PROBLEM REQUIREMENTS:
Please return only the lines from the one holding "ghost use Rattle.std.specs.FinMap as map;" through the one holding "impl Model for", exactly as they appear in the records below, both ends included.
------------------------------
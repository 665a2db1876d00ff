ghost use Rattle.std.specs.Prelude.{◌≡◌, ◌≢◌, option_map, IfOk, OnOk, OnErr};
ghost use Rattle.std.specs.FinMap as map;
ghost use Rattle.ato_outside.specs.Files.{files_of};
ghost use Rattle.ato_outside.specs.Shelf.{IsAnswer, Fits};

use crate::{Got, ShelfError};
use ato_base::{List, NoMemory, Text};
use std::alloc::Global;
use std::marker::Model;

/// Files in memory, which contracts see as the map of bytes by names.
///
/// They are a list in which an entry hides the later ones of its name.
#[derive(Debug, Drop)]
pub(crate) struct Entries {
    items: Vec<(Text, List<u8>)>,
}

impl Model for Entries {
    ghost use Rattle.ato_outside.specs.Files.{Files, files_code, files_of};

    ghost Value = { Files };

    ghost coded = { files_code };

    ghost view = { λ it. files_of it.items.items };
}

impl Entries {
    /// No files. It takes no memory.
    pub(crate) fn new(alloc: Global) -> Entries
        ensures { result ≡ map.empty }
    {
        Entries {
            items: Vec::new(alloc),
        }
    }

    /// The files of a list, in its memory. Of several entries for a name the first counts.
    pub(crate) fn from_list(files: List<(Text, List<u8>)>) -> Entries
        ensures { result ≡ files_of files }
    {
        Entries {
            items: files.into_vec(),
        }
    }

    /// The bytes of a name, where it is there.
    pub(crate) fn bytes_of(&self, name: &str) -> Option<&[u8]>
        ensures { option_map (λ bytes. bytes.now) result ≡ map.get self.now name.now }
    {
        first_of(self.items.as_slice(), name)
    }

    /// Reads the bytes of a name, where there are at most `limit`.
    pub(crate) fn read(
        &self,
        name: &str,
        limit: usize,
        into: &mut Vec<u8>,
    ) -> Result<Got, ShelfError>
        ensures answer { IsAnswer (map.get self.now name.now) limit result into.new.items }
        ensures room { Fits limit result into.new.items }
        ensures sure { result ≢ Err ShelfError.Failed }
    {
        into.clear();
        let Some(bytes) = self.bytes_of(name) else {
            return Ok(Got::Missing);
        };
        if bytes.len() > limit {
            return Ok(Got::TooLong);
        }
        match into.extend_from_slice(bytes) {
            Ok(()) => Ok(Got::Whole),
            Err(_) => Err(ShelfError::NoMemory),
        }
    }

    /// Lets a name hold these bytes. Where there is no memory nothing changes.
    pub(crate) fn put(&mut self, name: &str, bytes: &[u8]) -> Result<(), NoMemory>
        ensures ok { OnOk result (self.new ≡ map.insert self.old name.now bytes.now) }
        ensures err { OnErr result (self.new ≡ self.old) }
    {
        let alloc = *self.items.allocator();
        let entry = new_entry(alloc, name, bytes)?;
        self.items.insert(0, entry)?;
        Ok(())
    }
}

/// An entry of this name and these bytes.
fn new_entry(alloc: Global, name: &str, bytes: &[u8]) -> Result<(Text, List<u8>), NoMemory>
    ensures { IfOk result (λ entry. (entry.0 ≡ name.now) × (entry.1 ≡ bytes.now)) }
{
    let text = Text::copy(alloc, name)?;
    let mut copy = Vec::new(alloc);
    copy.extend_from_slice(bytes)?;
    Ok((text, List::from_vec(copy)))
}

/// The bytes of the first entry of a name.
#[tactic(auto, using(crate::proofs::FilesLemmas::first_entries))]
fn first_of<'a>(entries: &'a [(Text, List<u8>)], name: &str) -> Option<&'a [u8]>
    ensures { option_map (λ bytes. bytes.now) result ≡ map.get (files_of entries.now) name.now }
{
    for (text, bytes) in entries {
        if name == text.as_str() {
            return Some(bytes.as_slice());
        }
    }
    None
}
------------------------------
WRITTEN SOLUTION:
ghost use Rattle.std.specs.FinMap as map;
ghost use Rattle.ato_outside.specs.Files.{files_of};
ghost use Rattle.ato_outside.specs.Shelf.{IsAnswer, Fits};

use crate::{Got, ShelfError};
use ato_base::{List, NoMemory, Text};
use std::alloc::Global;
use std::marker::Model;

/// Files in memory, which contracts see as the map of bytes by names.
///
/// They are a list in which an entry hides the later ones of its name.
#[derive(Debug, Drop)]
pub(crate) struct Entries {
    items: Vec<(Text, List<u8>)>,
}

impl Model for Entries {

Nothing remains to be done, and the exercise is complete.